Does that happen a lot to you?  It surely does to me.  On some level, in fact, it’s almost like I believe that I really ought to be able to do these kinds of things; that, in fact, there’s something gone awry somewhere, because the longing is so potent that it’s as though I once upon a time had these abilities, only they’ve somehow been misplaced. 

And I want them back.

It’s a sensation I suspect Mr. Cameron understands, as he followed up that Aliens scene years later with an entire movie—Avatar—devoted to the fantasy of inhabiting a bigger, stronger, faster body that can do things your own body just can’t—that’s you, only more.

When people ask why I like cars so much, I sometimes try to explain this whole car-as-an-extension-of-self thing—typically with limited success.  And I get that.  It’s easier to stuff me into the tried-and-true “speed freak” or “poseur” pigeonholes than to really think about it.  And unfortunately for people like me, there’s a stigmatizing element out there—an element with more money than either sense or taste—that buys the kinds of cars I love in a vain quest to appropriate for themselves qualities they will never, ever personally possess.  Those folks make it tough for true believers.

To a believer, a car’s beauty is something you enjoy during a Saturday morning wash and wax, not when you hop out curbside at a swank, crowded restaurant and toss the keys to a valet.  To a believer, a well-executed heel-and-toe downshift as you turn left from one empty, pre-sunrise boulevard onto another is better than a hundred showy burnouts.  It’s about the communion you feel with the machine; how the two of you, together, do and feel and accomplish more than either of you could alone.   As you wait for the car, the car waits for you.

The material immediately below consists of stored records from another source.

//! The program as a library: its top call `run` reads the words and the input, carries out the turns, and
//! writes the lines and answers the status. Its contract says what each status means, from the bytes that come
//! in to the bytes that go out. The readers and writers of single lines are handed on from below.
#![tactic(auto)]

mod clocks;
mod command;
mod ended;
mod execution;
mod generates;
mod given;
mod live;
mod plan_line;
mod receipts;
mod tied;
mod tied_progress;
mod top;
mod write;

pub use command::Command;
pub use ended::{
    Ended, end_at_fault, end_without_memory, fault_of_error, finish, replay, status_of_outcome,
};
pub use execution::{Executed, execute};
pub use given::{is_word, read_bytes};
pub use live::{LiveEnding, fault_after, last_lines, open_fault, refusal_after, workers_of};
pub use plan_line::{read_plan_line, runner_of};
pub use receipts::{RefusalLines, write_refusal};
pub use tied::{Origin, TiedReporter};
// What a caller of `run` names besides, of the crates below.
pub use run_capture::{StdSink, StdSource};
pub use run_drive::{
    Begun, Host, MemoryHost, MemorySpawner, MemoryTicker, Said, Spawner, Ticker, drive,
};
pub use run_input::{InputError, LineError, read_turn_line};
pub use run_live::Live;
pub use run_output::{
    Fault, LineReporter, ask_line, event_line, fault_line, outcome_line, turn_line,
};
pub use top::{Ran, fault_of_plan, replay_input, run, status_of_ending};
pub use write::{WriteError, write_line, write_rest};
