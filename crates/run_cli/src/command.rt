// The commands that carry out recorded turns.
ghost use Rattle.std.specs.Prelude.{◌≡◌, map, IfSome, IsNone, string_bytes};
ghost use Rattle.run_cli.specs.Commands.{IsGenerateOf, IsNamedBy, IsNumber, NamesCommand, NamesGenerate};

/// What is to be done with a plan and its turns.
#[derive(Clone, Copy, Drop)]
pub enum Command {
    /// Each event is written as a line, and then each ask.
    Replay,
    /// Live progress is written, on a terminal of this width.
    Progress(u32),
}

// The greatest width, and the greatest number of tests that are generated.
const MOST_WIDE: u32 = 1_000;

const MOST_TESTS: u32 = 20_000;

// The number that a word says, from 1 to the greatest: digits without a `0` in front.
fn number_of(word: &str, greatest: u32) -> Option<u32>
    ensures some { IfSome result (IsNumber greatest word.now) }
    ensures none { IsNone result → (number : _) → ¬ IsNumber greatest word.now number }
{
    let (b'1'..=b'9') = *word.as_bytes().first()? else {
        return None;
    };
    match word.parse::<u32>() {
        Ok(number) if number <= greatest => Some(number),
        _ => None,
    }
}

/// How many tests the words say that are to be generated.
pub fn generated_tests(words: &[String]) -> Option<u32>
    ensures some { IfSome result (λ tests. IsGenerateOf tests (map (λ w. string_bytes w) words.now)) }
    ensures none { IsNone result → ¬ NamesGenerate (map (λ w. string_bytes w) words.now) }
{
    match words {
        [word, tests] if word.as_str() == "generate" => number_of(tests.as_str(), MOST_TESTS),
        _ => None,
    }
}

/// The command that words name, which is another than `live` and `generate`.
pub fn command_of(words: &[String]) -> Option<Command>
    ensures some { IfSome result (λ command. IsNamedBy command (map (λ w. string_bytes w) words.now)) }
    ensures none { IsNone result → ¬ NamesCommand (map (λ w. string_bytes w) words.now) }
{
    match words {
        [word] if word.as_str() == "replay" => Some(Command::Replay),
        [word, width] if word.as_str() == "progress" => {
            Some(Command::Progress(number_of(width.as_str(), MOST_WIDE)?))
        }
        _ => None,
    }
}
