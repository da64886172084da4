// The lines after a run whose receipts are refused.
ghost use Rattle.std.specs.Prelude.{◌≡◌, ◌≤◌, ◌++◌, ℕ, List, IfOk, OnErr, OnOk};
ghost use Rattle.run_capture.specs.Bytes.{Takes};
ghost use Rattle.run_capture.specs.Faults.{Rose};
ghost use Rattle.run_output.specs.Asks.{ask_lines};
ghost use Rattle.run_output.specs.Fields.{line_bytes};
ghost use Rattle.run_cli.specs.Call.{TakesFront, Writes, writing_of};
ghost use Rattle.run_cli.specs.Receipts.{receipt_text};

use run_capture::{Failed, Mem, Sink, Text, write_all};
use run_events::Ask;
use run_output::{
    AskLines, Fault, fault_line, mismatch_line, other_settings_line, repeated_line, with_line_feed,
};
use run_shared::CloseKind;
use std::alloc::Global;

// The line of a refusal, without its line feed.
fn receipt_line(alloc: Global, kind: &CloseKind) -> Mem<Text>
    ensures { IfOk result (λ t. t ≡ receipt_text kind.now) }
{
    match kind {
        CloseKind::OtherSettings { .. } => other_settings_line(alloc),
        CloseKind::Mismatch {
            number,
            receipt,
            journal,
        } => mismatch_line(alloc, *number, receipt, journal),
        CloseKind::Repeated { number } => repeated_line(alloc, *number),
        CloseKind::OutOfMemory => fault_line(alloc, Fault::Memory),
    }
}

/// The lines of asks, and that of why receipts were refused.
#[derive(Drop)]
pub struct RefusalLines {
    pub asks: AskLines,
    pub last: Text,
}

/// Makes the lines after a run whose receipts are refused.
pub fn refusal_lines(alloc: Global, asks: &[(u64, Ask)], kind: &CloseKind) -> Mem<RefusalLines>
    ensures asks { IfOk result (λ r. r.asks ≡ ask_lines asks.now) }
    ensures last { IfOk result (λ r. r.last ≡ line_bytes (receipt_text kind.now)) }
{
    let line = receipt_line(alloc, kind)?;
    let last = with_line_feed(alloc, line)?;
    let asks = AskLines::of(alloc, asks)?;
    Ok(RefusalLines { asks, last })
}

// Writes some bytes, and then others.
fn write_both<K: Sink>(sink: &mut K, first: &[u8], last: &[u8]) -> Result<(), Failed>
    ensures ok { OnOk result (Takes (K.taken sink.old) (K.taken sink.new) (first.now ++ last.now)) }
    ensures front { OnErr result (TakesFront (K.taken sink.old) (K.taken sink.new) (first.now ++ last.now)) }
    ensures stays { OnOk result (K.faults sink.new ≡ K.faults sink.old) }
    ensures rose { OnErr result ((K.faults sink.old ≤ K.faults sink.new)
        × Rose (K.faults sink.old) (K.faults sink.new)) }
{
    write_all(sink, first)?;
    write_all(sink, last)
}

/// Writes these lines. Where the sink fails, it takes a front part of them: the status says it too.
pub fn write_refusal<K: Sink>(sink: K, lines: &RefusalLines) -> K
    ensures { Writes (writing_of K.Sink sink result) (lines.now.asks ++ lines.now.last) }
{
    let mut sink = sink;
    let _ = write_both(&mut sink, lines.asks.as_bytes(), lines.last.as_bytes());
    sink
}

As my 13-year-old packs on pounds and inches and muscle seemingly overnight, gaining heretofore unimagined sway over the physical world, I can tell he’s already looking at my car and wondering, what would it be like to have . . . even more?  When I was washing my car the other day, in fact, Jake stood to the side begging repeatedly, “Dad, let me pull the car into the garage.  Just into the garaaaaage.  C’mon, pleeeeaze?”  Naturally, I refused.  The last such venture—in my wife’s car, an automatic—resulted in one rocking jolt forward and another rocking jolt backward.  I took the keys and ended that excursion before my wife’s SUV became our new coffee table.

My son’s day will come.  But as we all learned from Spiderman, with great power comes great responsibility.  The way I figure it, Jake’s busy enough right now figuring out what to do with hands, feet and shoulders that he’s still growing into.  The forklift suit can wait.  But once he gets it, it’ll be a high-performance driving school for both of us.  I’d like him to become a believer.

Wednesday, March 23, 2011

Midlife Message

            It has to be 15, maybe 20 years ago that my wife told me something I’ve never forgotten:  “You know, it’ll be hard for people to tell when you’re having a midlife crisis because you’ve always had a sports car.”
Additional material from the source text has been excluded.